A Quiet Fight, Still Burning (2025)
Chapter: A Quiet Fight, Still Burning (2025)
In December, I will turn 55.
There are mornings now when I wake with aches I never noticed before, and evenings when the quiet feels heavier than it used to. Time has moved on — the house fire in Bray feels like another lifetime, and so does the shared grief that once tied me, Josephine, and William together. The visits are long gone, the friendship with William a memory boxed away since 2006. Even Josephine, once so present in my daily rhythm, has become more distant — not by choice, but by the slow, suffocating pull of a system that promised inclusion but often demanded obedience.

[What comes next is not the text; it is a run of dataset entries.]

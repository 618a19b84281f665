// The library for C: each export is the function of its name of `undivarro`, with that function's promise.
#![tactic(auto)]

ghost use Rattle.std.specs.Prelude.{◌≡◌};
ghost use Rattle.undivarro.specs.Calls.{after_play_on, after_play, after_batch_on, after_batch, after_read, after_back, after_salvage};

use undivarro::Outcome;

// A burst played on a setup image of either form, on a line opened with an edition's number: the answer, and the setup as it then is,
// in form 2, which holds every table.
#[unsafe(no_mangle)]
pub extern "C" fn undivarro_play_on(
    edition: u32,
    image: &[u8],
    burst: &[u8],
    answer: &mut [u8],
    out: &mut [u8],
) -> Outcome
    ensures value { result ≡ (after_play_on edition image.now burst.now answer.old out.old).outcome }
    ensures answer_after { answer.new ≡ (after_play_on edition image.now burst.now answer.old out.old).answer }
    ensures out_after { out.new ≡ (after_play_on edition image.now burst.now answer.old out.old).out }
{
    undivarro::undivarro_play_on(edition, image, burst, answer, out)
}

// The same on a 2.01 line.
#[unsafe(no_mangle)]
pub extern "C" fn undivarro_play(
    image: &[u8],
    burst: &[u8],
    answer: &mut [u8],
    out: &mut [u8],
) -> Outcome
    ensures value { result ≡ (after_play image.now burst.now answer.old out.old).outcome }
    ensures answer_after { answer.new ≡ (after_play image.now burst.now answer.old out.old).answer }
    ensures out_after { out.new ≡ (after_play image.now burst.now answer.old out.old).out }
{
    undivarro::undivarro_play(image, burst, answer, out)
}

// A list of bursts played one after the other on a setup image of either form, on a line opened with an edition's number: for each
// the length of its answer and the answer, and the setup as it then is, in form 2.
#[unsafe(no_mangle)]
pub extern "C" fn undivarro_batch_on(
    edition: u32,
    image: &[u8],
    list: &[u8],
    answers: &mut [u8],
    out: &mut [u8],
) -> Outcome
    ensures value { result ≡ (after_batch_on edition image.now list.now answers.old out.old).outcome }
    ensures answers_after { answers.new ≡ (after_batch_on edition image.now list.now answers.old out.old).answer }
    ensures out_after { out.new ≡ (after_batch_on edition image.now list.now answers.old out.old).out }
{
    undivarro::undivarro_batch_on(edition, image, list, answers, out)
}

// The same on a 2.01 line.
#[unsafe(no_mangle)]
pub extern "C" fn undivarro_batch(
    image: &[u8],
    list: &[u8],
    answers: &mut [u8],
    out: &mut [u8],
) -> Outcome
    ensures value { result ≡ (after_batch image.now list.now answers.old out.old).outcome }
    ensures answers_after { answers.new ≡ (after_batch image.now list.now answers.old out.old).answer }
    ensures out_after { out.new ≡ (after_batch image.now list.now answers.old out.old).out }
{
    undivarro::undivarro_batch(image, list, answers, out)
}

// A setup image of either form, written in form 2.
#[unsafe(no_mangle)]
pub extern "C" fn undivarro_read(image: &[u8], out: &mut [u8]) -> Outcome
    ensures value { result ≡ (after_read image.now out.old).outcome }
    ensures out_after { out.new ≡ (after_read image.now out.old).out }
{
    undivarro::undivarro_read(image, out)
}

// And written in form 1, for boxes that read no other: 31 where that would lose something.
#[unsafe(no_mangle)]
pub extern "C" fn undivarro_back(image: &[u8], out: &mut [u8]) -> Outcome
    ensures value { result ≡ (after_back image.now out.old).outcome }
    ensures out_after { out.new ≡ (after_back image.now out.old).out }
{
    undivarro::undivarro_back(image, out)
}

// What can be kept of a setup image of either form that passes 11 to 15, in form 2, and the lines of its faults.
#[unsafe(no_mangle)]
pub extern "C" fn undivarro_salvage(image: &[u8], lines: &mut [u8], out: &mut [u8]) -> Outcome
    ensures value { result ≡ (after_salvage image.now lines.old out.old).outcome }
    ensures lines_after { lines.new ≡ (after_salvage image.now lines.old out.old).answer }
    ensures out_after { out.new ≡ (after_salvage image.now lines.old out.old).out }
{
    undivarro::undivarro_salvage(image, lines, out)
}
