// A gate that lets idle workers pause.
ghost use Rattle.std.specs.Prelude.{◌≡◌, true};

use crate::Gate;
use std::thread;
use std::time::{Clock, Duration};

/// A gate that tells each worker to go on, an idle one after a pause.
#[derive(Clone, Copy, Drop)]
pub struct PauseGate<'a, R: Clock> {
    rt: &'a R,
    pause: Duration,
}

impl<'a, R: Clock> PauseGate<'a, R> {
    /// A gate at which an idle worker sleeps for so long.
    pub fn new(rt: &'a R, pause: Duration) -> PauseGate<'a, R> {
        PauseGate { rt, pause }
    }
}

impl<R: Clock> Gate for PauseGate<'_, R> {
    fn pass(&self, _worker: u32, idle: bool) -> bool
        ensures { result ≡ true }
    {
        if idle {
            thread::sleep(self.rt, self.pause);
        }
        true
    }
}
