// A listener over links in memory, which fails at the calls that it is told.
ghost use Rattle.std.specs.Prelude.{◌≡◌, ◌↔◌, false, Some, Contains, IsErr, OnOk};
ghost use Rattle.outside.specs.Causes.{HasCause, next_call};
ghost use Rattle.outside.specs.Listening.{Accepts, ended_after};

use crate::{Failed, Link, Listener};

/// A listener of known links that fails at planned calls.
#[derive(Drop)]
pub struct MemListener<L> {
    // The next one is the last.
    links: Vec<L>,
    ended: bool,
    calls: u64,
    failing: Vec<u64>,
    faults: u64,
}

impl<L> MemListener<L> {
    ghost use Rattle.outside.specs.Listeners.{listener_left, listener_ended, listener_faults, listener_calls, listener_failing};

    /// A listener that has all of these links left, the first one next. `failing` lists the numbers of the calls of `next` that
    /// are to fail, counted from 1, in any order.
    pub fn new(mut links: Vec<L>, failing: Vec<u64>) -> MemListener<L>
        ensures left { listener_left result ≡ links.items }
        ensures ended { listener_ended result ≡ false }
        ensures faults { listener_faults result ≡ 0 }
        ensures calls { listener_calls result ≡ 0 }
        ensures failing { listener_failing result ≡ failing.items }
    {
        links.reverse();
        MemListener {
            links,
            ended: false,
            calls: 0,
            failing,
            faults: 0,
        }
    }
}

impl<L: Link + Send + Drop> Listener for MemListener<L> {
    ghost use Rattle.outside.specs.Listeners.{listener_left, listener_ended, listener_faults, listener_calls, listener_failing};

    type L = L;

    ghost left = { λ l. Some (listener_left l) };

    ghost ended = { λ l. listener_ended l };

    ghost faults = { λ l. listener_faults l };

    /// Fails exactly at the planned calls.
    fn next(&mut self) -> Result<Option<L>, Failed>
        ensures links { Accepts (Some (listener_left self.old)) (Some (listener_left self.new)) result }
        ensures ended { listener_ended self.new ≡ ended_after (listener_ended self.old) result }
        ensures cause { HasCause (listener_faults self.old) (listener_faults self.new) result }
        ensures faultless { OnOk result (listener_faults self.new ≡ listener_faults self.old) }

        // The plan: a call fails where its number is listed, and nowhere else.
        ensures planned { IsErr result
            ↔ Contains (listener_failing self.old) (next_call (listener_calls self.old)) }
        ensures counted { listener_calls self.new ≡ next_call (listener_calls self.old) }
        ensures kept { listener_failing self.new ≡ listener_failing self.old }
    {
        self.calls = self.calls.saturating_add(1);
        if self.failing.contains(&self.calls) {
            self.faults = self.faults.saturating_add(1);
            return Err(Failed);
        }
        let link = self.links.pop();
        if link.is_none() {
            self.ended = true;
        }
        Ok(link)
    }
}
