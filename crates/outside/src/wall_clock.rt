// The machine's clock.
ghost use Rattle.std.specs.Prelude.{◌≡◌, ◌≤◌, min};
ghost use Rattle.outside.specs.Machine.{whole_seconds};

use crate::Clock;
use std::time;
use std::time::SystemTime;

// The last second of the year 9999.
const GREATEST: u64 = 253402300799;

/// The machine's clock, cut to the greatest moment. It tells 0 where it can't be read, or is set before 1970.
#[derive(Clone, Copy, Drop)]
pub struct WallClock<'a, R: time::Clock> {
    rt: &'a R,
}

// The whole seconds since 1970, cut to the greatest moment.
fn moment_of(time: SystemTime) -> u64
    ensures { result ≡ min (whole_seconds time) 253402300799 }
{
    match time.duration_since(SystemTime::UNIX_EPOCH) {
        Ok(since) => since.as_secs().min(GREATEST),
        Err(_) => 0,
    }
}

impl<'a, R: time::Clock> WallClock<'a, R> {
    /// The clock of this runtime.
    pub fn new(rt: &'a R) -> WallClock<'a, R> {
        WallClock { rt }
    }
}

impl<R: time::Clock> Clock for WallClock<'_, R> {
    fn now(&mut self) -> u64 {
        match SystemTime::now(self.rt) {
            Ok(time) => moment_of(time),
            Err(_) => 0,
        }
    }
}
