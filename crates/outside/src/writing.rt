// Writing of a whole piece, of which a writer may take a part at each call. std's own `write_all` doesn't say what an error leaves.
ghost use Rattle.std.specs.Io.{WritesAtMost};
ghost use Rattle.std.specs.Io.KnownBytes.{WriteAppends};
ghost use Rattle.outside.specs.Streams.{WritesWhole};

use crate::Failed;
use std::io::{ErrorKind, Write};

// How often a signal may cut off one write.
const TRIES: usize = 64;

// One write, which takes a part of the piece. It is tried again where a signal cut it off.
fn write_part<W: Write>(to: &mut W, piece: &[u8]) -> Result<usize, Failed>
    ensures bound { WritesAtMost result piece.now }
    ensures bytes { WriteAppends (W.contents to.old) (W.contents to.new) result piece.now }
{
    for _ in 0..TRIES {
        match to.write(piece) {
            Ok(count) => return Ok(count),
            Err(error) => {
                if error.kind() != ErrorKind::Interrupted {
                    return Err(Failed);
                }
            }
        }
    }
    Err(Failed)
}

// Writes the piece, and fails where a write failed or took nothing; a front of it is then written.
pub(crate) fn write_whole<W: Write>(to: &mut W, piece: &[u8]) -> Result<(), Failed>
    ensures { WritesWhole (W.contents to.old) (W.contents to.new) result piece.now }
{
    let mut written = 0;
    while written < piece.len() {
        let Ok(count) = write_part(to, &piece[written..]) else {
            return Err(Failed);
        };
        if count == 0 {
            return Err(Failed);
        }
        written += count;
    }
    Ok(())
}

The Special Olympics club gave Josephine belonging, yes, but also claimed a price: rising fees, endless commitments, and, over time, control. By 2016 or so, I noticed the shift. Her visits stopped. Conversations became brief. The club asked for more and more — not just of her time, but of her independence. Eventually, she was skipping meals to afford the fees. I sent care packages. At first, they were occasional. Now, they are a ritual — boxes packed with simple things: food, essentials, sometimes a note. A small rebellion wrapped in brown paper.
I ask myself sometimes if I’ll still be able to keep this going. Will I always be able to send these boxes? Will I still have the strength to fight for those who have no one left to fight for them?
But here’s what I’ve learned: the fight doesn’t end just because you age. It changes shape. It becomes quieter, perhaps, but no less fierce. There’s a wisdom in persistence, in loyalty that refuses to let go. Care packages may seem like small gestures, but they say what institutions often forget: I see you. I haven’t forgotten you. You still matter.
And so, at 55, I will continue. For Josephine. For anyone whose voice is drowned out by rules and systems. For those who need someone, anyone, to show up when no one else will.
This isn’t the end of the story. Just a softer chapter. The fight goes on.